Aim of the task: Once you reach the line containing "result ≡ layout.padding" in the entries below, write out that line and each one after it down to the line containing "let behind = 8", exactly and with nothing added.

*** Entries provided ***

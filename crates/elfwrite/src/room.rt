//! Whether an executable is short enough to be written.

ghost use Rattle.std.specs.Prelude.{◌≡◌, ◌↔◌, ◌+◌, ◌≤◌, ◌^◌, IsTrue, length, min};
ghost use Rattle.pruelf.specs.Layout as layout;
ghost use Rattle.elfwrite.specs.Written as written;

use crate::extra::Extra;
use isa::Image;
use pruelf::Sym;

/// More bytes than an executable has.
const MOST: usize = 1 << 31;

/// So many bytes and the name's with its byte of 0, or 2^31 where that is more.
fn added(total: usize, symbol: &Sym) -> usize
    requires { total ≤ 2 ^ 31 }
    ensures { result ≡ min (total + length symbol.now.name + 1) (2 ^ 31) }
{
    (total + symbol.name.as_slice().len().min(MOST) + 1).min(MOST)
}

/// How long the symbols' names are together, or 2^31 where that is more.
fn length_of_names(symbols: &[Sym]) -> usize
    ensures { result ≡ min (length (written.names_bytes symbols.now)) (2 ^ 31) }
{
    let mut total = 1;
    for symbol in symbols {
        total = added(total, symbol);
    }
    total
}

/// How many bytes fill a part to a multiple of 4.
fn filling(length: usize) -> usize
    ensures { result ≡ layout.padding length }
{
    (4 - length % 4) % 4
}

/// Whether the executable has fewer than 2^31 bytes.
pub fn can_be_written(image: &Image, extra: &Extra) -> bool
    ensures { IsTrue result ↔ written.CanBeWritten image.now extra.now }
{
    let names = length_of_names(extra.symbols());
    let table = extra.table().len();
    let symbols = extra.symbols().len();
    let notes = image.notes().len();
    let init = image.init().len();
    if names >= MOST || table >= MOST || symbols >= MOST || notes >= MOST {
        return false;
    }
    let loaded = 116 + 4 * image.words().len() + init + filling(init);
    let behind = 8 * notes + table + 16 + 16 * symbols + names + filling(names);
    loaded + behind + 432 < MOST
}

*** End of Entries provided ***

Result for this exercise:
    ensures { result ≡ layout.padding length }
{
    (4 - length % 4) % 4
}

/// Whether the executable has fewer than 2^31 bytes.
pub fn can_be_written(image: &Image, extra: &Extra) -> bool
    ensures { IsTrue result ↔ written.CanBeWritten image.now extra.now }
{
    let names = length_of_names(extra.symbols());
    let table = extra.table().len();
    let symbols = extra.symbols().len();
    let notes = image.notes().len();
    let init = image.init().len();
    if names >= MOST || table >= MOST || symbols >= MOST || notes >= MOST {
        return false;
    }
    let loaded = 116 + 4 * image.words().len() + init + filling(init);
    let behind = 8 * notes + table + 16 + 16 * symbols + names + filling(names);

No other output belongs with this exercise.